A new study provides fresh insights into a possible molecular method for reducing Lewy bodies – protein clumps found in the region of the brain that loses dopamine cells in people with Parkinson’s disease.
The research, from Wayne State University School of Medicine in Detroit, MI, is published in The Journal of Biological Chemistry.
There are more than a million people in the US with Parkinson’s disease, a devastating and currently incurable brain-wasting disorder that affects movement and coordination. As it progresses, the disease gradually diminishes one’s ability to walk, talk and live an independent life.
While nobody has yet discovered the causes of Parkinson’s disease, we know that they kill dopamine cells in the brain. Dopamine is a chemical messenger that is essential for sending brain signals that control a number of functions, including movement.
The dopamine-releasing cells most affected by Parkinson’s disease are located in a midbrain region known as the substantia nigra pars compacta. A hallmark of Parkinson’s disease is the accumulation and progressive spread of protein clumps called Lewy bodies in this region. Lewy bodies contain several proteins, the most common one is called alpha-synuclein.
Because studies show strong links between the presence of Lewy bodies and clinical symptoms of Parkinson’s disease, many scientists are coming to the conclusion that they accelerate the disease, which has spurred the search for ways to prevent or get rid of the protein clumps.
The new study, led by Assia Shisheva, a professor of physiology, describes a step forward in the search for a possible way to “melt” the Lewy bodies found in Parkinson’s disease.
For some years, Prof. Shisheva’s lab has been researching how the behavior of three proteins inside cells are involved with disease. The proteins are two enzymes called PIKfyve and Sac3, and an accessory protein called ArPIKfyve.
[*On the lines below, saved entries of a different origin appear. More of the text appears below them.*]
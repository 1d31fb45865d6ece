//! The next piece for a party, told as a frame.
ghost use Rattle.std.specs.Prelude.{◌≡◌, ◌+◌, ◌≤◌, ◌++◌, List, ℕ, [], length, is_some, true, Err, IfOk, OnOk, OnErr, IfSome, IfNone};
ghost use Rattle.cq_base.specs.declared.party.Party as rust_party;
ghost use Rattle.cq_base.specs.Relations.{IsPrefix};
ghost use Rattle.cq_chain.specs.Stands.{Keeps};
ghost use Rattle.cq_frames.specs.declared.response.Response.TheVariants as responses;
ghost use Rattle.cq_process.specs.Links.{ChangesOnly, end_of};
ghost use Rattle.cq_process_frames.specs.declared.front.TheConstants.{FRONT_LIMIT};
ghost use Rattle.cq_process_frames.specs.declared.put.Unput.TheVariants as unputs;
ghost use Rattle.cq_process_frames.specs.Frames.{PutsFrame, frame, front, told_of};

use crate::front::{put_front, seal};
use cq_base::Party;
use cq_chain::Server;
use cq_frames::PieceNumber;
use cq_process::{Links, PutFault, Written};
use thiserror::Error;

/// Why no piece was looked for, or none could be told.
#[derive(Clone, Copy, Debug, PartialEq, Eq, Error)]
pub enum Unput {
    /// There is no memory for a frame. Nothing is changed.
    #[error("out of memory")]
    NoMemory,
    /// A piece has more bytes than a frame may bear: the process has to end. No message of a server is so long, though the types of
    /// messages don't say so.
    #[error("a piece is too long")]
    TooLong,
}

/// The number under which a piece was written, if one was.
fn number_of(written: &Result<Written, PutFault>) -> Option<PieceNumber>
    ensures some { (to : rust_party.Party) (piece : List ℕ) → IfSome result (λ number. told_of to written.now piece ≡ frame (responses.Put to number piece)) }
    ensures none { (to : rust_party.Party) (piece : List ℕ) → IfNone result (told_of to written.now piece ≡ []) }
{
    match written {
        Ok(Written::Nothing) => None,
        Ok(Written::Piece { number }) => Some(*number),
        Ok(Written::Message { number }) => Some(*number),
        Err(_) => None,
    }
}

/// Makes a frame of what was written behind the front, or cuts the bytes back where nothing was.
fn tell(
    written: Result<Written, PutFault>,
    out: &mut Vec<u8>,
    start: usize,
    body: usize,
) -> Result<Result<Written, PutFault>, Unput>
    requires order { start + 24 ≤ body }
    requires short { body ≤ start + FRONT_LIMIT }
    requires within { body ≤ length out.old.items }
    ensures same { IfOk result (λ told. told ≡ written) }
    ensures told { (old piece : List ℕ) (to : rust_party.Party) → out.old.items ≡ (old ++ front to) ++ piece → length old ≡ start
        → start + length (front to) ≡ body → OnOk result (out.new.items ≡ old ++ told_of to written piece) }
    ensures err { OnErr result (out.new.items ≡ out.old.items) }
    ensures memory { result ≡ Err unputs.NoMemory → ⊥ }
{
    match number_of(&written) {
        Some(number) => match seal(out, start, body, number) {
            Ok(()) => Ok(written),
            Err(_) => Err(Unput::TooLong),
        },
        None => {
            out.truncate(start);
            Ok(written)
        }
    }
}

/// The next piece is written behind its front, which begins at `start`, and told.
fn put_behind(
    links: &mut Links,
    core: &mut Server,
    to: Party,
    out: &mut Vec<u8>,
    start: usize,
    enough: usize,
) -> Result<Result<Written, PutFault>, Unput>
    requires open { is_some (end_of links.old.outgoing to) ≡ true }
    requires begins { start + length (front to) ≡ length out.old.items }
    ensures puts { (old : List ℕ) → out.old.items ≡ old ++ front to
        → IfOk result (PutsFrame links.old.outgoing links.new.outgoing core.old core.new to old out.new.items) }
    ensures err { OnErr result (IsPrefix out.old.items out.new.items) }
    ensures memory { result ≡ Err unputs.NoMemory → ⊥ }
    ensures others { ChangesOnly links.old.outgoing links.new.outgoing to }
    ensures incoming { links.new.incoming ≡ links.old.incoming }
    ensures gone { links.new.gone ≡ links.old.gone }
{
    let body = out.len();
    let written = links.put_next(core, to, out, enough);
    tell(written, out, start, body)
}

/// Writes the next piece for the party, to which the link is open, as a frame behind the bytes: as `Links::put_next` does. It copies
/// nothing. Where no piece is written, the bytes are as before; where it is too long, they have no more than a front of a frame behind
/// them that has to be cut off.
pub fn put_piece(
    links: &mut Links,
    core: &mut Server,
    to: Party,
    out: &mut Vec<u8>,
    enough: usize,
) -> Result<Result<Written, PutFault>, Unput>
    requires { is_some (end_of links.old.outgoing to) ≡ true }
    ensures puts { IfOk result (PutsFrame links.old.outgoing links.new.outgoing core.old core.new to out.old.items out.new.items) }
    ensures no_memory { result ≡ Err unputs.NoMemory → Keeps core.old core.new × ((links.new.outgoing ≡ links.old.outgoing) × (out.new.items ≡ out.old.items)) }
    ensures err { OnErr result (IsPrefix out.old.items out.new.items) }
    ensures others { ChangesOnly links.old.outgoing links.new.outgoing to }
    ensures incoming { links.new.incoming ≡ links.old.incoming }
    ensures gone { links.new.gone ≡ links.old.gone }
{
    let start = out.len();
    match put_front(out, &to) {
        Ok(()) => put_behind(links, core, to, out, start, enough),
        Err(_) => Err(Unput::NoMemory),
    }
}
The researchers found that these proteins are involved in controlling the traffic of material to the digestive system of the cell. They also found that if the Sac3 enzyme is not bound and protected by ArPIKfyve, it speeds to a hasty death in the cell.
Other discoveries show that mutations in Sac3 are linked to brain degenerating disease in humans, while mutations in PIKfyve are linked to a relatively benign disease in the cornea of the eye.
Putting all these discoveries together led Prof. Shisheva and colleagues to conclude that the double ArPIKfyve-Sac3 complex has separate functions in the brain, and they set out to look for proteins that interact specifically with it.
The new study describes a previously unknown interaction between ArPIKfyve-Sac3 and Synphilin-1, a protein already known to be involved in the development of Parkinson’s disease through its interaction with alpha-synuclein, and because like alpha-synuclein, it is also one of the proteins found in Lewy body deposits. Prof. Shisheva notes:
“Our study revealed that the ArPIKfyve-Sac3 complex is an effective inhibitor of aggregate formation by Synphilin-1.”
The team also found that if Sac3 levels become excessive, then they trigger protein self-aggregation and clumping by Synphilin-1. This confirms recent research from Japan that found excessive Sac3 accumulates in Lewy bodies, they note.
The researchers therefore conclude there are two ways in which the ArPIKfyve-Sac3 complex may trigger Parkinson’s disease. One way is when levels of ArPIKfyve-Sac3 are too low and the other is when levels of Sac3 are too high.
They propose that increasing levels of the ArPIKfyve-Sac3 complex may have a beneficial effect in Parkinson’s disease.
Prof. Shisheva suggests that the ArPIKfyve-Sac3 complex works by shifting Synphilin-1 from a clumping form to a more soluble form.
Meanwhile, Medical News Today recently reported how scientists have mapped the path Parkinson’s takes as it spreads from affected to healthy brain tissue in the early stages of the disease. In a study published in ELife, the team from McGill University shows how the disease progresses from cell to cell through the brain along networks.